**Action item**
Tally the lines below that contain the word "LateCalls". Only the total should be given.

**Provided information**
· · ·

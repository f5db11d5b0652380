// The system calls, by their numbers.
ghost use Rattle.std.specs.Prelude.{IsSome};
ghost use Rattle.std.specs.FinMap.{get};
ghost use Rattle.dt_rv64.specs.Effects.{register};
ghost use Rattle.dt_calls.specs.Call.{effect_of_stop, call_of, memory_call, identity_call, signal_call};
ghost use Rattle.dt_calls.specs.Settle.{served_effect};
ghost use Rattle.dt_calls.specs.InCode.{shared_of};
ghost use Rattle.dt_calls.specs.LateCalls.{late_call};
ghost use Rattle.dt_calls.specs.Timers.{effect_after_timers};
ghost use Rattle.dt_calls.specs.Sound.{IsSound, HasEffect, left};

mod clone;
mod effect;
mod execve;
mod exit;
mod files;
mod identity;
mod kill;
mod late;
mod memory;
mod newborn;
mod signals;
mod wait;

use crate::container::Served;
use crate::delivery::{deliver_at, forced_signal};
use crate::shared::Shared;
use dt_base::abi::{
    A7, BRK, CLONE, EXECVE, EXIT, EXIT_GROUP, GETEGID, GETEUID, GETGID, GETPID, GETPPID, GETTID,
    GETUID, KILL, MADVISE, MMAP, MPROTECT, MREMAP, MUNMAP, PRLIMIT64, RSEQ, RT_SIGACTION,
    RT_SIGPROCMASK, RT_SIGRETURN, SCHED_YIELD, SET_ROBUST_LIST, SET_TID_ADDRESS, STATX, TGKILL,
    TKILL, UNAME, WAIT4,
};
use dt_base::{End, Errno};
use dt_host::{Host, HostErr};
use dt_late::numbers::{GETITIMER, PPOLL, SETITIMER};
use dt_rv64::{Machine, Stop};
use dt_signals::Delivery;
pub use effect::Effect;
pub use newborn::Newborn;
use std::alloc::Global;

/// Serves a stop, lets the timers fire that are due, and delivers a signal to the process where there is one: that of a
/// fault, or a pending one.
pub fn serve_and_deliver<H: Host>(
    alloc: Global,
    host: &mut H,
    shared: &mut Shared,
    vpid: u32,
    machine: &mut Machine,
    stop: Stop,
) -> Result<Effect, HostErr>
    requires sound { IsSound shared.old (H.view host.old) }
    requires lives { IsSome (get shared.old.tasks vpid) }
    ensures { HasEffect vpid
        (served_effect (shared_of shared.old (H.view host.old)) shared.old.pids.next vpid machine.old stop)
        shared.old (left shared.new (H.view host.new) machine.new) result
        (H.count host.old) (H.count host.new) }
{
    let mut effect = serve_and_fire(alloc, host, shared, vpid, machine, stop)?;
    if !effect.served.takes_signals() {
        return Ok(effect);
    }
    let forced = forced_signal(stop);
    match deliver_at(&mut shared.tasks, vpid, machine, forced, effect.served)? {
        Delivery::Nothing => Ok(effect),
        Delivery::Handler => {
            effect.served = effect.served.at_handler();
            Ok(effect)
        }
        Delivery::Ends(signal) => {
            effect.end(host, shared, vpid, End::Signal(signal))?;
            Ok(effect)
        }
    }
}

// Serves a stop, and lets the timers fire that are due.
fn serve_and_fire<H: Host>(
    alloc: Global,
    host: &mut H,
    shared: &mut Shared,
    vpid: u32,
    machine: &mut Machine,
    stop: Stop,
) -> Result<Effect, HostErr>
    requires sound { IsSound shared.old (H.view host.old) }
    requires lives { IsSome (get shared.old.tasks vpid) }
    ensures { HasEffect vpid (effect_after_timers (effect_of_stop
        (shared_of shared.old (H.view host.old)) shared.old.pids.next vpid machine.old stop))
        shared.old (left shared.new (H.view host.new) machine.new) result
        (H.count host.old) (H.count host.new) }
{
    let effect = serve_stop(alloc, host, shared, vpid, machine, stop)?;
    shared.fire();
    Ok(effect)
}

// Serves a stop: a call by its number, a counter by the logical time, a fault and the end of a slice by nothing.
#[tactic(auto, unfolding(crate::specs::Call::effect_of_stop))]
fn serve_stop<H: Host>(
    alloc: Global,
    host: &mut H,
    shared: &mut Shared,
    vpid: u32,
    machine: &mut Machine,
    stop: Stop,
) -> Result<Effect, HostErr>
    requires sound { IsSound shared.old (H.view host.old) }
    requires lives { IsSome (get shared.old.tasks vpid) }
    ensures { HasEffect vpid (effect_of_stop
        (shared_of shared.old (H.view host.old)) shared.old.pids.next vpid machine.old stop)
        shared.old (left shared.new (H.view host.new) machine.new) result
        (H.count host.old) (H.count host.new) }
{
    let _before = host.faults();
    match stop {
        Stop::Call => call(alloc, host, shared, vpid, machine),
        Stop::Counter(rd) => Ok(exit::read_counter(alloc, shared, machine, rd)),
        Stop::Fault(_) | Stop::Slice => Ok(Effect::quiet(alloc, Served::Done)),
    }
}

#[tactic(auto, unfolding(crate::specs::Call::call_of))]
fn call<H: Host>(
    alloc: Global,
    host: &mut H,
    shared: &mut Shared,
    vpid: u32,
    machine: &mut Machine,
) -> Result<Effect, HostErr>
    requires sound { IsSound shared.old (H.view host.old) }
    requires lives { IsSome (get shared.old.tasks vpid) }
    ensures { HasEffect vpid (call_of (register machine.old A7) (shared_of shared.old (H.view host.old))
        shared.old.pids.next vpid machine.old)
        shared.old (left shared.new (H.view host.new) machine.new) result
        (H.count host.old) (H.count host.new) }
{
    let _before = host.faults();
    match machine.reg(A7) {
        EXIT | EXIT_GROUP => exit::exit(alloc, host, shared, vpid, machine),
        CLONE => clone::clone(alloc, host, shared, vpid, machine),
        EXECVE => execve::execve(alloc, host, shared, vpid, machine),
        WAIT4 => wait::wait4(alloc, host, shared, vpid, machine),
        number => memory_call(alloc, host, shared, vpid, machine, number),
    }
}

// Serves a call on memory, or another one.
#[tactic(auto, unfolding(crate::specs::Call::memory_call))]
fn memory_call<H: Host>(
    alloc: Global,
    host: &mut H,
    shared: &mut Shared,
    vpid: u32,
    machine: &mut Machine,
    number: u64,
) -> Result<Effect, HostErr>
    requires sound { IsSound shared.old (H.view host.old) }
    requires lives { IsSome (get shared.old.tasks vpid) }
    ensures { HasEffect vpid (memory_call number (shared_of shared.old (H.view host.old)) vpid machine.old)
        shared.old (left shared.new (H.view host.new) machine.new) result
        (H.count host.old) (H.count host.new) }
{
    let _before = host.faults();
    match number {
        BRK => Ok(memory::brk(alloc, shared, vpid, machine)?),
        MUNMAP => Ok(memory::munmap(alloc, machine)?),
        MMAP => Ok(memory::mmap(alloc, machine)?),
        MPROTECT => Ok(memory::mprotect(alloc, machine)?),
        _ => identity_call(alloc, host, shared, vpid, machine, number),
    }
}

// Serves a call that tells a process who it is or does nothing, or another one.
#[tactic(auto, unfolding(crate::specs::Call::identity_call))]
fn identity_call<H: Host>(
    alloc: Global,
    host: &mut H,
    shared: &mut Shared,
    vpid: u32,
    machine: &mut Machine,
    number: u64,
) -> Result<Effect, HostErr>
    requires sound { IsSound shared.old (H.view host.old) }
    requires lives { IsSome (get shared.old.tasks vpid) }
    ensures { HasEffect vpid (identity_call number (shared_of shared.old (H.view host.old)) vpid machine.old)
        shared.old (left shared.new (H.view host.new) machine.new) result
        (H.count host.old) (H.count host.new) }
{
    let _before = host.faults();
    match number {
        GETPID | GETTID | SET_TID_ADDRESS => Ok(identity::getpid(alloc, vpid, machine)),
        GETPPID => Ok(identity::getppid(alloc, shared, vpid, machine)),
        SET_ROBUST_LIST => Ok(identity::set_robust_list(alloc, machine)),
        UNAME => Ok(identity::uname(alloc, machine)?),
        SCHED_YIELD | GETUID | GETEUID | GETGID | GETEGID => Ok(Effect::done(alloc, machine, 0)),
        MREMAP | MADVISE | PRLIMIT64 | STATX | RSEQ => Ok(Effect::refused(
            alloc,
            machine,
            Errno::NoSys,
        )),
        _ => signal_call(alloc, host, shared, vpid, machine, number),
    }
}

// Serves a call on signals, or another one.
#[tactic(auto, unfolding(crate::specs::Call::signal_call))]
fn signal_call<H: Host>(
    alloc: Global,
    host: &mut H,
    shared: &mut Shared,
    vpid: u32,
    machine: &mut Machine,
    number: u64,
) -> Result<Effect, HostErr>
    requires sound { IsSound shared.old (H.view host.old) }
    requires lives { IsSome (get shared.old.tasks vpid) }
    ensures { HasEffect vpid (signal_call number (shared_of shared.old (H.view host.old)) vpid machine.old)
        shared.old (left shared.new (H.view host.new) machine.new) result
        (H.count host.old) (H.count host.new) }
{
    let _before = host.faults();
    match number {
        KILL => Ok(kill::kill(alloc, shared, machine)),
        TKILL => Ok(kill::tkill(alloc, shared, machine)),
        TGKILL => Ok(kill::tgkill(alloc, shared, machine)),
        RT_SIGACTION => Ok(signals::rt_sigaction(alloc, shared, vpid, machine)?),
        RT_SIGPROCMASK => Ok(signals::rt_sigprocmask(alloc, shared, vpid, machine)?),
        RT_SIGRETURN => signals::rt_sigreturn(alloc, host, shared, vpid, machine),
        _ => late_call(alloc, host, shared, vpid, machine, number),
    }
}

// Serves a call that looks ahead in time, or one on files, time or random bytes.
#[tactic(auto, unfolding(crate::specs::LateCalls::late_call))]
fn late_call<H: Host>(
    alloc: Global,
    host: &mut H,
    shared: &mut Shared,
    vpid: u32,
    machine: &mut Machine,
    number: u64,
) -> Result<Effect, HostErr>
    requires sound { IsSound shared.old (H.view host.old) }
    requires lives { IsSome (get shared.old.tasks vpid) }
    ensures { HasEffect vpid (late_call number (shared_of shared.old (H.view host.old)) vpid machine.old)
        shared.old (left shared.new (H.view host.new) machine.new) result
        (H.count host.old) (H.count host.new) }
{
    let _before = host.faults();
    match number {
        SETITIMER => Ok(late::setitimer(alloc, shared, vpid, machine)?),
        GETITIMER => Ok(late::getitimer(alloc, shared, vpid, machine)?),
        PPOLL => Ok(late::ppoll(alloc, shared, vpid, machine)?),
        _ => files::call(alloc, host, shared, vpid, machine, number),
    }
}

· · ·

**Exercise solution**
2